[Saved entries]
__________

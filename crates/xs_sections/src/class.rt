//! What a line of an XS file is, and where it stands.
use crate::sections::ModuleNames;
use xs_base::Bytes;

/// What a line is. Each line of a file is one of these.
#[derive(Debug, Drop)]
pub enum LineClass {
    /// The first line of POD.
    PodBegin,
    /// A further line of POD, but for its last.
    PodLine,
    /// The `=cut` line of POD.
    PodEnd,
    /// A line of the C part.
    C,
    /// A comment of the XS part.
    Comment,
    /// A line of the XS part that the C preprocessor would read.
    Directive,
    /// A MODULE line, with its names.
    Module(ModuleNames),
    /// A line whose first word is MODULE, of no good form.
    BadModule,
    /// An empty line of the XS part that no paragraph holds.
    Outside,
    /// A file keyword with a good value, but for TYPEMAP.
    Keyword,
    /// A file keyword with a bad value.
    BadValue,
    /// A file keyword that is left out, with its word.
    LeftOut(Bytes),
    /// The line that begins a typemap block, with the block's end word.
    MapBegin(Bytes),
    /// A line of a typemap block.
    MapLine,
    /// The end word of a typemap block.
    MapEnd,
    /// The first line of a paragraph after its file keywords.
    First,
    /// The same of a BOOT paragraph.
    FirstOfBoot,
    /// A further line of a paragraph that is not empty.
    Further,
    /// An empty line of a paragraph.
    Blank,
}

/// Where a line stands: what the lines before it leave open.
#[derive(Debug, Drop)]
pub enum Region {
    /// In the C part: no MODULE line stands before.
    CPart,
    /// In the XS part, and in no paragraph.
    Between,
    /// At the head of a paragraph, right after a file keyword or a typemap block.
    Head,
    /// At the head of a paragraph, after an empty line.
    HeadGap,
    /// In a paragraph, after a line that is not empty.
    Body,
    /// In a paragraph, after an empty line.
    BodyGap,
    /// In a BOOT paragraph.
    Boot,
    /// In a typemap block with this end word.
    Map(Bytes),
}
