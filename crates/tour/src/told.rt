//! What was done, in words.

use crate::line::Expression;
use host::{Evaluated, Halt};
use resolve::{PathRow, Resolved};
use rows::Access;
use site::SiteValue;
use std::fmt;

/// What a line did.
#[derive(Clone, Copy)]
pub enum Told<'a> {
    Name(&'a str, Access, SiteValue),
    Expression(usize, Expression<'a>),
    Module(PathRow),
    Evaluated(u16, Evaluated<SiteValue>),
    Resolved(u32, Resolved),
}

impl<'a> fmt::Display for Expression<'a> {
    fn fmt<W: fmt::Write>(&self, f: &mut fmt::Formatter<W>) -> fmt::Result {
        match self {
            Expression::Value(value) => write!(f, "the value {value}"),
            Expression::Variable(name) => write!(f, "the variable {name}"),
            Expression::Binary(left, operator, right) => {
                write!(f, "code {left} {operator} code {right}")
            }
        }
    }
}

/// What stands under a path.
#[derive(Clone, Copy)]
struct Found(Resolved);

impl fmt::Display for Found {
    fn fmt<W: fmt::Write>(&self, f: &mut fmt::Formatter<W>) -> fmt::Result {
        match self.0 {
            Ok(Some(module)) => write!(f, "module {module}"),
            Ok(None) => write!(f, "not found"),
            Err(fault) => write!(f, "fault {}", fault.code),
        }
    }
}

fn word(access: Access) -> &'static str {
    match access {
        Access::ReadWrite => "variable",
        Access::Constant => "constant",
    }
}

impl<'a> fmt::Display for Told<'a> {
    fn fmt<W: fmt::Write>(&self, f: &mut fmt::Formatter<W>) -> fmt::Result {
        match *self {
            Told::Name(name, access, value) => write!(f, "{} {name} = {value}", word(access)),
            Told::Expression(code, expression) => write!(f, "code {code}: {expression}"),
            Told::Module(PathRow { path, answer }) => write!(f, "path {path}: {}", Found(answer)),
            Told::Evaluated(code, answer) => {
                write!(f, "evaluate {code}: ")?;
                match answer {
                    Ok(value) => value.fmt(f),
                    Err(Halt::Fault(fault)) => write!(f, "fault {}", fault.code),
                    Err(Halt::Exit(value)) => write!(f, "exit with {value}"),
                }
            }
            Told::Resolved(path, answer) => write!(f, "resolve {path}: {}", Found(answer)),
        }
    }
}
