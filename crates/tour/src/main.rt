//! Reads the description of a site from standard input, line by line, and prints what the site host and a resolver make
//! of it.
//!
//! | Line | What it does |
//! |---|---|
//! | `name load = 40` | adds a variable; its value is a whole number, `true`, `false` or `unit` |
//! | `name const limit = 70` | adds a variable that is constant |
//! | `expression 7` | adds an expression that is a value; its code is the number of those before it |
//! | `expression load` | adds an expression that is a variable, by its name |
//! | `expression 0 + 1` | adds an expression of two earlier ones, which are values or variables; also `-`, `<`, `=` and `..` |
//! | `module 3 = 12` | puts a module under a path; also `none`, and `fault 9` |
//! | `evaluate 2` | asks the host for the value of a code, with the variables so far |
//! | `resolve 3` | asks the resolver for a path |
//!
//! Words stand apart. Empty lines, and lines that begin with `#`, do nothing.
#![tactic(auto)]

mod described;
mod line;
mod told;

use described::Described;
use line::{Line, read_line};
use std::io::{BufRead, BufReader};
use std::str::from_utf8;
use told::Told;

/// Does what a line says. None where the line says nothing that can be done.
fn follow<'a>(site: &mut Described, line: Line<'a>) -> anyhow::Result<Option<Told<'a>>> {
    match line {
        Line::Name(name, access, value) => {
            site.add_name(name, access, value)?;
            Ok(Some(Told::Name(name, access, value)))
        }
        Line::Expression(expression) => Ok(
            site.add_expression(expression)?
                .map(|code| Told::Expression(code, expression)),
        ),
        Line::Module(row) => {
            site.add_module(row)?;
            Ok(Some(Told::Module(row)))
        }
        Line::Evaluate(code) => Ok(Some(Told::Evaluated(code, site.evaluate(code)))),
        Line::Resolve(path) => Ok(Some(Told::Resolved(path, site.resolve(path)))),
    }
}

/// Whether a line is empty or a remark.
fn says_nothing(words: &[&str]) -> bool {
    words.first().is_none_or(|word| word.starts_with('#'))
}

fn print_not_understood(rt: &HostRuntime, number: u64) -> anyhow::Result<()> {
    println!(rt; "line {number}: not understood")?;
    Ok(())
}

/// Does what the words of a line say, and prints it.
fn print_line(
    rt: &HostRuntime,
    site: &mut Described,
    number: u64,
    text: &str,
) -> anyhow::Result<()> {
    let words: Vec<&str> = text.split_whitespace().collect(rt.alloc())?;
    if says_nothing(words.as_slice()) {
        return Ok(());
    }
    let told = match read_line(words.as_slice()) {
        Some(line) => follow(site, line)?,
        None => None,
    };
    match told {
        Some(told) => println!(rt; "{told}")?,
        None => print_not_understood(rt, number)?,
    }
    Ok(())
}

/// Lines are read as bytes, because one that is no text is to be passed over and not to end the run.
fn run(rt: &HostRuntime) -> anyhow::Result<()> {
    let mut site = Described::new(rt.alloc());
    let lines = BufReader::new(rt.alloc(), rt.stdin())?.split(rt.alloc(), b'\n');
    for (number, line) in (1u64..).zip(lines) {
        match from_utf8(line?.as_slice()) {
            Ok(text) => print_line(rt, &mut site, number, text)?,
            Err(_) => print_not_understood(rt, number)?,
        }
    }
    Ok(())
}

fn main(rt: HostRuntime) -> anyhow::Result<()> {
    run(&rt)
}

__________

[HOW TO COMPLETE THIS TASK]
Every line above that includes the string "Display" needs to be copied.

[YOUR SOLUTION]
impl<'a> fmt::Display for Expression<'a> {
impl fmt::Display for Found {
impl<'a> fmt::Display for Told<'a> {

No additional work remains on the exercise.